Work instruction: Below are records; transcribe each one exactly.

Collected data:
//! A channel that comes back, by one caller in one thread, in a table where every number has a channel.
ghost use Rattle.std.specs.Prelude.{IfOk};
ghost use Rattle.nio_history.specs.PassViews.{HasChannel};
ghost use Rattle.nio_words.specs.Views.{view};
ghost use Rattle.nio_bench.specs.SetUp.{IsIdle, StaysIdle};

use crate::channels::{ME, S, set_up};
use crate::select::select;
use anyhow::ensure;
use nio_base::{ChanId, Kind, Limits, Ops};
use nio_channel::{close_channel, open_channel, reopen_channel, try_register, try_set_blocking};
use nio_keys::cancel;
use nio_select::Told;
use nio_words::{Pass, Words};
use std::alloc::Global;
use std::rt::Runtime;
use std::time::{Duration, Instant};

/// How many channels there are, and as many indexes.
const CHANNELS: u32 = 1_024;

/// How many times the channel comes back.
const TIMES: u32 = 1_000_000;

const TABLE: Limits = Limits {
    callers: 1,
    selectors: 1,
    channels: CHANNELS,
    keys: CHANNELS,
};

/// Prints how often the channel came back, and the nanoseconds of all.
pub fn measure<R: Runtime<A = Global>>(rt: &R) -> anyhow::Result<()> {
    let took = run(rt, TIMES)?;
    println!(rt; "calls {} comes_back {}", TIMES, took.as_nanos())?;
    Ok(())
}

/// Opens all channels, and lets the last one come back so many times. Says how long that took.
pub fn run<R: Runtime<A = Global>>(rt: &R, times: u32) -> anyhow::Result<Duration> {
    let (words, mut p) = Words::make(rt.alloc(), TABLE)?;
    words.draw(&mut p, ME)?;
    set_up(&words, &mut p);
    let last = fill(&words, &mut p)?;
    close_channel(&words, &mut p, ME, last);
    let start = Instant::now(rt)?;
    come_back(rt, &words, &mut p, last, times)?;
    Ok(start.elapsed(rt)?)
}

/// Opens all channels. Answers the last one.
fn fill(words: &Words, p: &mut Pass) -> anyhow::Result<ChanId>
    requires { IsIdle words.now p.old ME S }
    ensures idle { IfOk result (λ _. IsIdle words.now p.new ME S) }
    ensures last { IfOk result (HasChannel (view words.now p.new)) }
{
    for _ in 1..CHANNELS {
        open_channel(words, p, ME, Kind::Source)?;
    }
    Ok(open_channel(words, p, ME, Kind::Source)?)
}

/// The channel, which is closed, comes back so many times.
fn come_back<R: Runtime<A = Global>>(
    rt: &R,
    words: &Words,
    p: &mut Pass,
    first: ChanId,
    times: u32,
) -> anyhow::Result<()>
    requires idle { IsIdle words.now p.old ME S }
    requires channel { HasChannel (view words.now p.old) first }
{
    let none_ready = Told {
        pairs: Vec::new(rt.alloc()),
        elapsed: false,
    };
    let mut chan = first;
    for _ in 0..times {
        chan = turn(rt, words, p, chan, &none_ready)?;
    }
    ensure!(chan.serial == times, "the channel didn't come back");
    Ok(())
}

/// Opens a channel in the place of this one, registers it and cancels its key; then a selection removes that, and the
/// channel is closed. Answers it.
fn turn<R: Runtime<A = Global>>(
    rt: &R,
    words: &Words,
    p: &mut Pass,
    closed: ChanId,
    none_ready: &Told,
) -> anyhow::Result<ChanId>
    requires idle { IsIdle words.now p.old ME S }
    requires channel { HasChannel (view words.now p.old) closed }
    ensures idle { IfOk result (λ _. IsIdle words.now p.new ME S) }
    ensures channel { IfOk result (HasChannel (view words.now p.new)) }
{
    let chan = reopen_channel(words, p, ME, closed)?;
    register(words, p, chan)?;
    select(rt, words, p, none_ready)?;
    close_channel(words, p, ME, chan);
    Ok(chan)
}

/// Makes the channel non-blocking, registers it for reading, and cancels its key.
fn register(words: &Words, p: &mut Pass, chan: ChanId) -> anyhow::Result<()>
    requires idle { IsIdle words.now p.old ME S }
    requires channel { HasChannel (view words.now p.old) chan }
    ensures { IfOk result (λ _. StaysIdle words.now p.old p.new ME S) }
{
    try_set_blocking(words, p, ME, chan, false)?;
    let key = try_register(words, p, ME, S, chan, Ops::READ, 0)?;
    cancel(words, p, ME, key);
    Ok(())
}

Worked solution:
//! A channel that comes back, by one caller in one thread, in a table where every number has a channel.
ghost use Rattle.std.specs.Prelude.{IfOk};
ghost use Rattle.nio_history.specs.PassViews.{HasChannel};
ghost use Rattle.nio_words.specs.Views.{view};
ghost use Rattle.nio_bench.specs.SetUp.{IsIdle, StaysIdle};

use crate::channels::{ME, S, set_up};
use crate::select::select;
use anyhow::ensure;
use nio_base::{ChanId, Kind, Limits, Ops};
use nio_channel::{close_channel, open_channel, reopen_channel, try_register, try_set_blocking};
use nio_keys::cancel;
use nio_select::Told;
use nio_words::{Pass, Words};
use std::alloc::Global;
use std::rt::Runtime;
use std::time::{Duration, Instant};

/// How many channels there are, and as many indexes.
const CHANNELS: u32 = 1_024;

/// How many times the channel comes back.
const TIMES: u32 = 1_000_000;

const TABLE: Limits = Limits {
    callers: 1,
    selectors: 1,
    channels: CHANNELS,
    keys: CHANNELS,
};

/// Prints how often the channel came back, and the nanoseconds of all.
pub fn measure<R: Runtime<A = Global>>(rt: &R) -> anyhow::Result<()> {
    let took = run(rt, TIMES)?;
    println!(rt; "calls {} comes_back {}", TIMES, took.as_nanos())?;
    Ok(())
}

/// Opens all channels, and lets the last one come back so many times. Says how long that took.
pub fn run<R: Runtime<A = Global>>(rt: &R, times: u32) -> anyhow::Result<Duration> {
    let (words, mut p) = Words::make(rt.alloc(), TABLE)?;
    words.draw(&mut p, ME)?;
    set_up(&words, &mut p);
    let last = fill(&words, &mut p)?;
    close_channel(&words, &mut p, ME, last);
    let start = Instant::now(rt)?;
    come_back(rt, &words, &mut p, last, times)?;
    Ok(start.elapsed(rt)?)
}

/// Opens all channels. Answers the last one.
fn fill(words: &Words, p: &mut Pass) -> anyhow::Result<ChanId>
    requires { IsIdle words.now p.old ME S }
    ensures idle { IfOk result (λ _. IsIdle words.now p.new ME S) }
    ensures last { IfOk result (HasChannel (view words.now p.new)) }
{
    for _ in 1..CHANNELS {
        open_channel(words, p, ME, Kind::Source)?;
    }
    Ok(open_channel(words, p, ME, Kind::Source)?)
}

/// The channel, which is closed, comes back so many times.
fn come_back<R: Runtime<A = Global>>(
    rt: &R,
    words: &Words,
    p: &mut Pass,
    first: ChanId,
    times: u32,
) -> anyhow::Result<()>
    requires idle { IsIdle words.now p.old ME S }
    requires channel { HasChannel (view words.now p.old) first }
{
    let none_ready = Told {
        pairs: Vec::new(rt.alloc()),
        elapsed: false,
    };
    let mut chan = first;
    for _ in 0..times {
        chan = turn(rt, words, p, chan, &none_ready)?;
    }
    ensure!(chan.serial == times, "the channel didn't come back");
    Ok(())
}

/// Opens a channel in the place of this one, registers it and cancels its key; then a selection removes that, and the
/// channel is closed. Answers it.
fn turn<R: Runtime<A = Global>>(
    rt: &R,
    words: &Words,
    p: &mut Pass,
    closed: ChanId,
    none_ready: &Told,
) -> anyhow::Result<ChanId>
    requires idle { IsIdle words.now p.old ME S }
    requires channel { HasChannel (view words.now p.old) closed }
    ensures idle { IfOk result (λ _. IsIdle words.now p.new ME S) }
    ensures channel { IfOk result (HasChannel (view words.now p.new)) }
{
    let chan = reopen_channel(words, p, ME, closed)?;
    register(words, p, chan)?;
    select(rt, words, p, none_ready)?;
    close_channel(words, p, ME, chan);
    Ok(chan)
}

/// Makes the channel non-blocking, registers it for reading, and cancels its key.
fn register(words: &Words, p: &mut Pass, chan: ChanId) -> anyhow::Result<()>
    requires idle { IsIdle words.now p.old ME S }
    requires channel { HasChannel (view words.now p.old) chan }
    ensures { IfOk result (λ _. StaysIdle words.now p.old p.new ME S) }
{
    try_set_blocking(words, p, ME, chan, false)?;
    let key = try_register(words, p, ME, S, chan, Ops::READ, 0)?;
    cancel(words, p, ME, key);
    Ok(())
}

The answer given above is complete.